Next point is harmonization.  It is transnational.  People don't necessarily have to store the content in the country they are living in and they can do it abroad and it gives an international dimension.  Therefore, a basic harmonization is key.  Not only in Europe or Africa we will see shortly after African ‑‑ we have to do a globally.  One of the fundamentals elements that are necessary when we want to interact with other countries is we have a similar legislation in place.  Principle the legal principle is called ‑‑ dual criminality ‑‑ don't get me wrong:  Cooperation can be very effective, but we have to make sure the details are similar.

Next one is the speed.  One of the things we should not underestimate is the Internet is very speedy thing.  There's a report and I discussed with some of my colleagues from Interpol and local police, there's a study where an NGO was observing a commercial child pornography website for 48 hours and within 48 hours it changes its location more than 200 times.  Means on average every 50 minutes.  Even if you are fast and aware there's a child pornography website, it might have already moved to another place.  In the life of a prosecutor, 50 minutes is tough.  A challenge.  Next to point.

Public/private partnership is key.  Looking at the number of websites you will see decreased over the last years.  You might wonder why is this?  One the reasons it might have decreased there's a public/private partnership called Financial Coalition where the provider of service of payment systems decided they will very actively fight against the use of the payment system in purchasing online child pornography.  I get the five minutes and returning mercy sign.

This is very important that we have somebody here from Microsoft another example.  Microsoft developed a tool that can be used by law enforcement in tracking exploited missing and exploited children and this is a great thing where you can see that law enforcement gave the impulse and said we need this the private sector developed it and made it available free of charge.  It has a capacity building components.  Whether we look at approaches to child pornography we should not solely look at law enforcement.  Or legislation. 

I mean, as a law professor, I tend to say a that is, of course, the most important thing that actually it's a very small component.  There are so many other things.  Crime prevention is important.  You don't have a victim.  Now, I have beautiful slides for you.  Slides that I wanted to underline the importance of training.  When you are an investigator and coming to a crime scene and your job is to seize all the storage devices you might look for CDs and DVDs, and USBs ‑‑ that USB key can look a pen.  We have pens that are USB key or look like a toy, a child's toy.  Or they can look like a watch or a pendant.  So we need to train law enforcement because otherwise they will never identify the right things and these are things where criminals can hide electronic evidence.

So my last message, key message is:  We need to tell the people that are in charge of this that this is a very dynamic process and we need to make sure that legislation is updated.  Strategies are updated and training is done on a constant level.  We have Gillian Murray doing a lot of work in the field.  The United Nations Office on Drugs and Crime.  We need sustainable approaches on a constant basis.  And so when we do training, especially in developing countries it's important it continues.  We need adequate legislation goes beyond criminal law.  Don't look at only criminalizing thing, but procedural law, electronic evidence the liability of Internet service provider, all these to be covered.  We need harmonization and final training.  Thank you.

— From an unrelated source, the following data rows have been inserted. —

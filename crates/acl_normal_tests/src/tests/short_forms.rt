//! The property that all ways to the normal form give equal lists: `normalize`, its way for short lists and its way for
//! long ones, below and above the number of ACEs at which it takes the other way, and the two plain ways, which share
//! nothing or little with it. Each way is compared with the others, over lists that look random, so no expected value
//! is written here.

use super::harness::{Dice, GROUP, READ_DATA, WRITE_DATA};
use acl_lists_for_tests::{ALLOW, AceRow, DENY, built, kept};
use acl_nfs4::{Acl, PushFault};
use acl_normal::internal::{long_form, short_form};
use acl_normal::{normalize, plain};
use std::alloc::{AllocError, Global};

// Whom the ACEs of the lists below name, and with which flags.
static NAMED: [(&[u8], u32); 6] = [
    (b"OWNER@", 0),
    (b"a", 0),
    (b"b", 0),
    (b"GROUP@", 0),
    (b"a", GROUP),
    (b"EVERYONE@", 0),
];

// One of 36 ACEs with one or two rights.
fn chosen(number: usize) -> AceRow {
    let (who, flags) = NAMED[number % 6];
    let kind = if number / 6 % 2 == 0 { DENY } else { ALLOW };
    let mask = match number / 12 % 3 {
        0 => READ_DATA,
        1 => WRITE_DATA,
        _ => READ_DATA | WRITE_DATA,
    };
    (kind, flags, mask, who)
}

fn chosen_rows(alloc: Global, count: usize, dice: &mut Dice) -> Result<Vec<AceRow>, AllocError> {
    let mut rows = Vec::new(alloc);
    for _place in 0..count {
        rows.push(chosen(dice.below(36) as usize))?;
    }
    Ok(rows)
}

fn chosen_list(alloc: Global, count: usize, dice: &mut Dice) -> Result<Acl, PushFault> {
    let rows = kept(chosen_rows(alloc, count, dice))?;
    built(alloc, &rows)
}

fn is_one_form(alloc: Global, list: &Acl) -> Result<bool, AllocError> {
    let form = normalize(alloc, list)?;
    let short = short_form(alloc, &list.view())?;
    let long = long_form(alloc, &list.view())?;
    let plain = plain::normalize(alloc, list)?;
    let by_rows = plain::normalize_by_rows(alloc, list)?;
    Ok(form == short && form == long && form == plain && form == by_rows)
}

mod ample {
    use super::*;

    // 2,400 lists of up to four ACEs, and some of 9, 10 and 11.
    #[test]
    fn both_bodies_give_equal_lists(rt: HostRuntime) -> Result<(), PushFault> {
        let mut dice = Dice { state: 1 };
        for round in 0..2400usize {
            let count = round % 4 + 1;
            let list = chosen_list(rt.alloc(), count, &mut dice)?;
            assert!(rt; kept(is_one_form(rt.alloc(), &list))?);
        }
        for count in 9..12usize {
            for _round in 0..20usize {
                let list = chosen_list(rt.alloc(), count, &mut dice)?;
                assert!(rt; list.len() == count);
                assert!(rt; kept(is_one_form(rt.alloc(), &list))?);
            }
        }
        Ok(())
    }
}
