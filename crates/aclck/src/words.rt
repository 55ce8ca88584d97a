//! The values of the words of a command line.

pub(crate) mod names;
pub(crate) mod options;
pub(crate) mod profile;
pub(crate) mod values;
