//! Checks that the calls of all tables of this crate succeed with ample memory. The tables are in the files that are
//! named here, each with its expected values and where they are from.

use super::{differences, five_forms, forms, names, tables};
use acl_nfs4::PushFault;

#[test]
fn every_row_of_the_tables_holds_if_memory_is_ample(rt: HostRuntime) -> Result<(), PushFault> {
    let alloc = rt.alloc();
    differences::worked_pairs(&rt, alloc)?;
    five_forms::five_forms(&rt, alloc)?;
    five_forms::equal_forms(&rt, alloc)?;
    five_forms::cut_forms(&rt, alloc)?;
    five_forms::lengths(&rt, alloc)?;
    forms::normal_forms(&rt, alloc)?;
    names::names(&rt, alloc)?;
    tables::tables(&rt, alloc)
}
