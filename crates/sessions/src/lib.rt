//! Sessions: texts of prose, commands and their expected output, which are run and compared.
//!
//! - [`run_all`] runs the sessions of a folder and prints a line for each, with the steps whose
//!   output differs. Its caller passes the commands of a program; those of this crate write and
//!   compare files.
//! - [`Step`] is a command with its input, and [`Output`] the output of a command.
#![tactic(auto)]

mod case;
mod cases;
mod compare;
mod files;
mod given;
mod line;
mod output;
mod room;
mod script;

pub use case::Step;
pub use cases::run_all;
pub use line::{joined, words_of};
pub use output::Output;
pub use script::script_of;
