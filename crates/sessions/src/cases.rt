//! The report of all cases.

use crate::case::{Step, steps_of};
use crate::compare::is_as_expected;
use crate::given::given_by;
use crate::output::Output;
use crate::room;
use anyhow::{Context, Result};
use std::alloc::Global;
use std::fs;
use std::io::Write;

/// The number of steps of a case, and the lines to print for those that differ.
#[derive(Drop)]
struct Report {
    steps: usize,
    differences: String,
}

/// Runs the sessions in the files of the folder `cases` whose names have this ending, in order of
/// their names. Prints a report of each, and returns how many differ. Each session starts with
/// nothing but the folder `cases`, and what it made is removed afterwards. `perform` runs the steps
/// whose commands this crate hasn't; its error is why a step can't be run.
pub fn run_all<F: Fn(&Step) -> Result<Output>, W: Write>(
    rt: &HostRuntime,
    alloc: Global,
    out: &mut W,
    ending: &str,
    perform: F,
) -> Result<u32>
    requires { F.IsAlwaysCallable perform }
{
    room::check(rt, alloc)?;
    let mut differing: u32 = 0;
    let names = room::names(rt, alloc, ending)?;
    for name in names.iter() {
        if differs(rt, alloc, out, &perform, name.as_str())? {
            differing = differing.saturating_add(1);
        }
    }
    writeln!(out, "{} cases, differing: {differing}", names.len())?;
    Ok(differing)
}

/// Runs the session of that file, prints its report, and removes what it made. Returns whether a
/// step's output differs from the expected one.
fn differs<F: Fn(&Step) -> Result<Output>, W: Write>(
    rt: &HostRuntime,
    alloc: Global,
    out: &mut W,
    perform: &F,
    name: &str,
) -> Result<bool>
    requires { F.IsAlwaysCallable perform.now }
{
    let report = report_of(rt, alloc, perform, name)?;
    room::clear(rt, alloc)?;
    let (steps, differences) = (report.steps, report.differences.as_str());
    write!(out, "{name}: {steps} steps\n{differences}")?;
    Ok(!differences.is_empty())
}

fn report_of<F: Fn(&Step) -> Result<Output>>(
    rt: &HostRuntime,
    alloc: Global,
    perform: &F,
    name: &str,
) -> Result<Report>
    requires { F.IsAlwaysCallable perform.now }
{
    let steps = steps_in(rt, alloc, name)?;
    let mut differences = String::new(alloc);
    for step in steps.iter() {
        compare(rt, alloc, perform, step, &mut differences)?;
    }
    Ok(Report {
        steps: steps.len(),
        differences,
    })
}

/// Reads the steps of the session of that file.
fn steps_in(rt: &HostRuntime, alloc: Global, name: &str) -> Result<Vec<Step>> {
    let path = format!(in alloc; "{}/{name}", room::CASES)?;
    let text = fs::read_to_string(rt, path.as_str())?;
    steps_of(alloc, text.as_str()).context(format_args!("{name}"))
}

/// Runs a step, and adds its output if that differs from the expected one.
fn compare<F: Fn(&Step) -> Result<Output>>(
    rt: &HostRuntime,
    alloc: Global,
    perform: &F,
    step: &Step,
    differences: &mut String,
) -> Result<()>
    requires { F.IsAlwaysCallable perform.now }
{
    let given = given_by(rt, alloc, perform, step)?;
    if !is_as_expected(alloc, step.expected.as_slice(), given.as_slice())? {
        writeln!(differences, "line {}: {}", step.line, step.command)?;
        push_marked(differences, "-", step.expected.as_slice())?;
        push_marked(differences, "+", given.as_slice())?;
    }
    Ok(())
}

fn push_marked(text: &mut String, mark: &str, lines: &[String]) -> Result<()> {
    for line in lines {
        writeln!(text, "{mark} {line}")?;
    }
    Ok(())
}
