//! The steps of a case.

use crate::line::{Line, words_of};
use anyhow::{Context, Result};
use std::alloc::Global;

/// A command with its input and its expected output.
pub struct Step {
    /// The number of the command's line in its file.
    pub(crate) line: usize,
    /// The command as it is written.
    pub(crate) command: String,
    /// The command's words, the first of which is its name.
    words: Vec<String>,
    /// The lines of its input.
    pub script: Vec<String>,
    /// The expected lines of its output.
    pub(crate) expected: Vec<String>,
}

impl Drop for Step {
    fn drop(self) {
        let Step {
            line,
            command,
            words,
            script,
            expected,
        } = self;
    }
}

impl Step {
    fn new(alloc: Global, line: usize, command: &str) -> Result<Step> {
        Ok(Step {
            line,
            command: String::from_str(alloc, command)?,
            words: words_of(alloc, command)?,
            script: Vec::new(alloc),
            expected: Vec::new(alloc),
        })
    }

    /// Returns the command's name.
    pub fn name(&self) -> Result<&str> {
        Ok(self.words.first().context("no word")?.as_str())
    }

    /// Returns the words after the name.
    pub fn words(&self) -> &[String] {
        self.words_behind(0)
    }

    /// Returns the words after the name and `words` more.
    pub fn words_behind(&self, words: usize) -> &[String] {
        self.words.get(words.saturating_add(1)..).unwrap_or(&[])
    }

    /// Returns the word at a place after the name, from 0.
    pub fn word(&self, place: usize) -> Result<&str> {
        Ok(
            self.words()
                .get(place)
                .context("a word is missing")?
                .as_str(),
        )
    }

    /// Returns the text after the name, `words` words, and a blank after each of them.
    pub fn text_behind(&self, words: usize) -> &str {
        let mut text = self.command.as_str();
        for _ in 0..=words {
            text = match text.split_once(" ") {
                Some((_, behind)) => behind,
                None => "",
            };
        }
        text
    }
}

/// Reads the steps of a case's text, in order.
pub fn steps_of(alloc: Global, text: &str) -> Result<Vec<Step>> {
    let mut steps: Vec<Step> = Vec::new(alloc);
    let mut number: usize = 0;
    for line in text.lines() {
        number = number.saturating_add(1);
        push_line(alloc, &mut steps, number, line)?;
    }
    Ok(steps)
}

/// Adds the line of that number to the steps, or to the last of them.
fn push_line(alloc: Global, steps: &mut Vec<Step>, number: usize, line: &str) -> Result<()> {
    match Line::of(line) {
        Line::Prose => Ok(()),
        Line::Command(words) => push_step(alloc, steps, number, words),
        Line::Script(text) => push_text(alloc, &mut last(steps)?.script, text),
        Line::Expected(text) => push_text(alloc, &mut last(steps)?.expected, text),
    }
}

fn push_step(alloc: Global, steps: &mut Vec<Step>, number: usize, command: &str) -> Result<()> {
    steps.push(Step::new(alloc, number, command)?)?;
    Ok(())
}

fn push_text(alloc: Global, lines: &mut Vec<String>, text: &str) -> Result<()> {
    lines.push(String::from_str(alloc, text)?)?;
    Ok(())
}

fn last(steps: &mut Vec<Step>) -> Result<&mut Step> {
    steps
        .last_mut()
        .context("a line of a session stands before its first command")
}
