//! The input lines of a command.

use crate::room::CASES;
use anyhow::{Context, Result};
use std::alloc::Global;
use std::fs;

/// Returns the script of the lines, each ended by a line feed. `@NAME` means the lines of the file
/// `NAME.script` among the cases, and `@FIRST..LAST TEXT` a line TEXT for each number, in which
/// `{}` is the number, `{x}` the same in four hexadecimal digits, and `{+}` the one after it.
pub fn script_of(rt: &HostRuntime, alloc: Global, lines: &[String]) -> Result<String> {
    let mut script = String::new(alloc);
    for line in lines {
        push_spelled(rt, alloc, &mut script, line.as_str())?;
    }
    Ok(script)
}

/// Adds what the line means.
fn push_spelled(rt: &HostRuntime, alloc: Global, script: &mut String, line: &str) -> Result<()> {
    let Some(short) = line.strip_prefix("@") else {
        return push_line(script, line);
    };
    match short.split_once(" ") {
        None => push_prologue(rt, alloc, script, short),
        Some((range, line)) => push_repeats(alloc, script, range, line),
    }
}

fn push_line(script: &mut String, line: &str) -> Result<()> {
    script.push_str(line)?;
    script.push('\n')?;
    Ok(())
}

fn push_prologue(rt: &HostRuntime, alloc: Global, script: &mut String, name: &str) -> Result<()> {
    let path = format!(in alloc; "{CASES}/{name}.script")?;
    let lines = fs::read_to_string(rt, path.as_str()).context("no file of that name and .script")?;
    script.push_str(lines.as_str())?;
    Ok(())
}

fn push_repeats(alloc: Global, script: &mut String, range: &str, line: &str) -> Result<()> {
    let (first, last) = range.split_once("..").context("no range")?;
    let first = first.parse::<u32>()?;
    let last = last.parse::<u32>()?;
    for number in first..=last {
        push_numbered(alloc, script, number, line)?;
    }
    Ok(())
}

fn push_numbered(alloc: Global, script: &mut String, number: u32, line: &str) -> Result<()> {
    let next = format!(in alloc; "{}", number.saturating_add(1))?;
    let digits = format!(in alloc; "{number:04x}")?;
    let number = format!(in alloc; "{number}")?;
    let line = line.replace(alloc, "{x}", digits.as_str())?;
    let line = line.as_str().replace(alloc, "{}", number.as_str())?;
    let line = line.as_str().replace(alloc, "{+}", next.as_str())?;
    push_line(script, line.as_str())
}
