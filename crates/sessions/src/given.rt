//! The output of a step.

use crate::case::Step;
use crate::files::{copy, folder, has, pad, put, remove, same};
use crate::output::Output;
use anyhow::{Error, Result};
use std::alloc::Global;

/// Returns the lines of a step's output. If the step can't be run, a line says why.
pub fn given_by<F: Fn(&Step) -> Result<Output>>(
    rt: &HostRuntime,
    alloc: Global,
    perform: &F,
    step: &Step,
) -> Result<Vec<String>>
    requires { F.IsAlwaysCallable perform.now }
{
    match done(rt, alloc, perform, step) {
        Ok(output) => output.lines(alloc),
        Err(error) => undone(alloc, error),
    }
}

fn undone(alloc: Global, error: Error) -> Result<Vec<String>> {
    let mut lines = Vec::new(alloc);
    lines.push(format!(in alloc; "the step can't be done: {error}")?)?;
    Ok(lines)
}

fn done<F: Fn(&Step) -> Result<Output>>(
    rt: &HostRuntime,
    alloc: Global,
    perform: &F,
    step: &Step,
) -> Result<Output>
    requires { F.IsAlwaysCallable perform.now }
{
    match step.name()? {
        "put" => put(rt, alloc, step),
        "copy" => copy(rt, alloc, step),
        "folder" => folder(rt, alloc, step),
        "remove" => remove(rt, alloc, step),
        "pad" => pad(rt, alloc, step),
        "has" => has(rt, alloc, step),
        "same" => same(rt, alloc, step),
        _ => perform(step),
    }
}
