//! The lines of a case, and their words.

use anyhow::Result;
use std::alloc::Global;

/// The kind of a line of a case.
#[derive(Clone, Copy)]
pub enum Line<'a> {
    /// A comment for the reader.
    Prose,
    /// The words of a command.
    Command(&'a str),
    /// A line of the command's input.
    Script(&'a str),
    /// A line of the expected output.
    Expected(&'a str),
}

impl<'a> Line<'a> {
    /// Returns the kind of the line: two blanks in front make it one of the session.
    pub fn of(text: &'a str) -> Line<'a> {
        let Some(inner) = text.strip_prefix("  ") else {
            return Line::Prose;
        };
        if let Some(words) = inner.strip_prefix("$ ") {
            return Line::Command(words);
        }
        if inner == ">" {
            return Line::Script("");
        }
        match inner.strip_prefix("> ") {
            Some(script) => Line::Script(script),
            None => Line::Expected(inner),
        }
    }
}

/// Returns the words of a line. `""` is a word with no character.
pub fn words_of(alloc: Global, line: &str) -> Result<Vec<String>> {
    let mut words = Vec::new(alloc);
    for word in line.split_whitespace() {
        let word = if word == "\"\"" { "" } else { word };
        words.push(String::from_str(alloc, word)?)?;
    }
    Ok(words)
}

/// Returns the text of the lines, joined by line feeds.
pub fn joined(alloc: Global, lines: &[String]) -> Result<String> {
    let mut text = String::new(alloc);
    let mut is_first = true;
    for line in lines {
        if !is_first {
            text.push('\n')?;
        }
        is_first = false;
        text.push_str(line.as_str())?;
    }
    Ok(text)
}
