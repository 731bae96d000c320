//! Tests in Rust of the cycle and the crates that it is built from: runs in memory, copies,
//! measures and writers that fail, a clock of a test's own for the lines about progress, and calls
//! of the public functions.
#![tactic(auto)]

#[cfg(test)]
mod copied;
#[cfg(test)]
mod found;
#[cfg(test)]
mod in_memory;
#[cfg(test)]
mod keepers;
#[cfg(test)]
mod outputs;
#[cfg(test)]
mod progress_lines;
#[cfg(test)]
mod repositories;
#[cfg(test)]
mod surface;
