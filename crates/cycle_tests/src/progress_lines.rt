//! Lines about the progress of a run.

use crate::repositories::string;
use cycle::{Gate, Watch};
use folder::{Depth, Disk, Folder, Job, Need};
use progress::{Counted, Ground, Progress, Watched};
use std::fs;
use std::process::Abort;
use std::sync::atomic::{AtomicU64, Ordering};

/// What the clock shows next, and what was done with it and with the lines.
#[derive(Drop)]
struct Seen {
    millis: AtomicU64,
    /// Number of times that the clock was read.
    looks: AtomicU64,
    /// Number of lines that were printed.
    printed: AtomicU64,
    /// Number of those that weren't the expected ones.
    wrong: AtomicU64,
}

impl Seen {
    fn new() -> Seen {
        Seen {
            millis: AtomicU64::new(5000),
            looks: AtomicU64::new(0),
            printed: AtomicU64::new(0),
            wrong: AtomicU64::new(0),
        }
    }

    /// Returns how often the clock was read, how many lines were printed, and how many were wrong.
    fn counts(&self) -> (u64, u64, u64) {
        let looks = self.looks.load(Ordering::SeqCst);
        let printed = self.printed.load(Ordering::SeqCst);
        (looks, printed, self.wrong.load(Ordering::SeqCst))
    }
}

/// A clock that goes on by a step each time that it is read, and the lines that are expected.
#[derive(Clone, Copy, Drop)]
struct Expecting<'a> {
    step: u64,
    lines: &'a [&'a str],
    seen: &'a Seen,
}

impl<'a> Ground for Expecting<'a> {
    fn millis(&self) -> Option<u64> {
        self.seen.looks.fetch_add(1, Ordering::SeqCst);
        Some(self.seen.millis.fetch_add(self.step, Ordering::SeqCst))
    }

    fn print(&self, line: &str) {
        let place = self.seen.printed.fetch_add(1, Ordering::SeqCst);
        let is_expected = match self.lines.get(place as usize) {
            Some(expected) => *expected == line,
            None => false,
        };
        if !is_expected {
            self.seen.wrong.fetch_add(1, Ordering::SeqCst);
        }
    }
}

/// Counts two files, two checks, and 7 of 10 bytes. Reads the clock once for each of them, and not
/// if a worker is done with a check.
fn count_all(progress: &Progress<'_, Expecting<'_>>) {
    progress.count_file();
    progress.count_file();
    progress.leave(0);
    progress.checked();
    progress.count_needed(10);
    progress.count_needed(u64::MAX);
    progress.count_digested(4);
    progress.checked();
    progress.count_digested(3);
}

/// The clock goes on by 400 milliseconds, so the third and the sixth count find it late.
#[test]
fn a_line_is_printed_once_a_second(rt: HostRuntime) {
    let lines = [
        "tufcheck: 2 files read, 1 signatures checked, 0 of 0 bytes digested",
        "tufcheck: 2 files read, 2 signatures checked, 4 of 10 bytes digested",
    ];
    let seen = Seen::new();
    let ground = Expecting {
        step: 400,
        lines: &lines,
        seen: &seen,
    };
    let progress = Progress::new(&ground, rt.alloc(), true);
    count_all(&progress);
    assert_eq!(rt; seen.counts(), (8, 2, 0));
}

#[test]
fn no_line_is_printed_unless_wanted(rt: HostRuntime) {
    let seen = Seen::new();
    let ground = Expecting {
        step: 400,
        lines: &[],
        seen: &seen,
    };
    let progress = Progress::new(&ground, rt.alloc(), false);
    count_all(&progress);
    assert_eq!(rt; seen.counts(), (0, 0, 0));
}

/// Returns the need for the SHA-256 digest of at most `up_to` bytes.
fn up_to(up_to: u64) -> Need {
    Need {
        up_to,
        sha256: true,
        sha512: false,
    }
}

fn job<R: Abort + AllocGlobal>(rt: &R, name: &str, most: u64) -> Job {
    Job {
        name: string(rt, name),
        need: up_to(most),
    }
}

/// Reads `a` as metadata, and measures it and then both files as targets.
fn read_all<R: Abort + AllocGlobal>(
    rt: &R,
    files: &HostRuntime,
    path: &str,
    progress: &Progress<'_, Expecting<'_>>,
) -> usize {
    let alloc = rt.alloc();
    let opened = Counted::opened(files, progress);
    let mut metadata = Disk::new(&opened, string(rt, path), Depth::Here);
    let digested = Counted::digested(files, progress);
    let disk = Disk::new(&digested, string(rt, path), Depth::Below);
    let mut targets = Watched::new(disk, progress);
    metadata.read(alloc, "a").expect(rt, "a file");
    targets
        .measure(alloc, "a", up_to(4))
        .expect(rt, "a measure");
    let jobs = vec![in alloc; job(rt, "a", 4), job(rt, "b", 2)];
    targets.measure_many(alloc, jobs.expect(rt, "memory")).len()
}

/// Four files are opened. Of the targets, 3 of 4 bytes are read, 3 of 4 again, and 2 of 2.
#[test]
fn files_of_folders_are_counted(rt: HostRuntime) {
    let folder = "files_of_folders_are_counted";
    let _ = fs::remove_dir_all(&rt, folder);
    fs::create_dir(&rt, folder).expect(&rt, "a folder");
    fs::write(&rt, "files_of_folders_are_counted/a", "abc").expect(&rt, "a file");
    fs::write(&rt, "files_of_folders_are_counted/b", "more").expect(&rt, "a file");
    let lines = ["tufcheck: 4 files read, 1 signatures checked, 8 of 10 bytes digested"];
    let seen = Seen::new();
    let ground = Expecting {
        step: 0,
        lines: &lines,
        seen: &seen,
    };
    let progress = Progress::new(&ground, rt.alloc(), true);
    assert_eq!(rt; read_all(&rt, &rt, folder, &progress), 2);
    seen.millis.fetch_add(1000, Ordering::SeqCst);
    progress.checked();
    let (_, printed, wrong) = seen.counts();
    assert_eq!(rt; (printed, wrong), (1, 0));
    fs::remove_dir_all(&rt, folder).expect(&rt, "a folder");
}
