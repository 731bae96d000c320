//! Comparison of a step's output with the expected one.

use anyhow::Result;
use std::alloc::Global;

/// Returns whether the lines are as expected. An expected `...` matches any lines, and `...` at a
/// line's end any text.
pub fn is_as_expected(alloc: Global, expected: &[String], given: &[String]) -> Result<bool> {
    // for each count of given lines, whether the expected lines so far match that number of them
    let mut reached = of_no_line(alloc, given)?;
    for line in expected {
        reached = if line.as_str() == "..." {
            after_any(alloc, reached.as_slice())?
        } else {
            after_line(alloc, reached.as_slice(), line.as_str(), given)?
        };
    }
    Ok(reached.last() == Some(&true))
}

fn of_no_line(alloc: Global, given: &[String]) -> Result<Vec<bool>> {
    let mut reached = Vec::new(alloc);
    reached.push(true)?;
    for _ in given {
        reached.push(false)?;
    }
    Ok(reached)
}

fn after_any(alloc: Global, reached: &[bool]) -> Result<Vec<bool>> {
    let mut next = Vec::new(alloc);
    let mut is_reached = false;
    for here in reached {
        is_reached = is_reached || *here;
        next.push(is_reached)?;
    }
    Ok(next)
}

fn after_line(alloc: Global, reached: &[bool], line: &str, given: &[String]) -> Result<Vec<bool>> {
    let mut next = Vec::new(alloc);
    next.push(false)?;
    for (here, given) in reached.iter().zip(given.iter()) {
        next.push(*here && fits(line, given.as_str()))?;
    }
    Ok(next)
}

fn fits(expected: &str, given: &str) -> bool {
    match expected.strip_suffix("...") {
        Some(front) => given.starts_with(front),
        None => given == expected,
    }
}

>> Thank you.  I'm sorry for keeping the time, but we apologize, we had some technical issues starting the panel is why we tried to be on time so we have time for the discussion.

Let's see if the technology works.  It did just now and seems to work right now.  So John, if you want to speak to the more practical experiences of law enforcement.

>> Thank you very much, ladies and gentlemen.  I am going to attempt tomorrow contextualize with respect to our ability to cooperate across borders the best way to do that is show you cases.

What I will do hopefully the audio is working.

Discuss the case of ran over three years.  Undercover operation involving one of my police officers in Brazil.  We infiltrated and monitored activity over a three‑year period, obviously generate targets in multiple jurisdictions.

This presented as you can imagine significant challenges for us, but in the end the was successful and identified some issues I will bring in at the end.  I will play a video clip and see if the audio works and if it doesn't I will stick the microphone in front of the ‑‑ and see what happens.

Operation Achilles' involved ultimately in the end, the New Zealand police where it started.  And it was passed over to us in Queensland where we ran are the operation and brought in the FBI and the United Kingdom Interpol and Europol.  Literally a global operation.

[ Music ]

[ Video ]

>> Good evening and welcome to ‑‑ we bring a special program.  Child abuser.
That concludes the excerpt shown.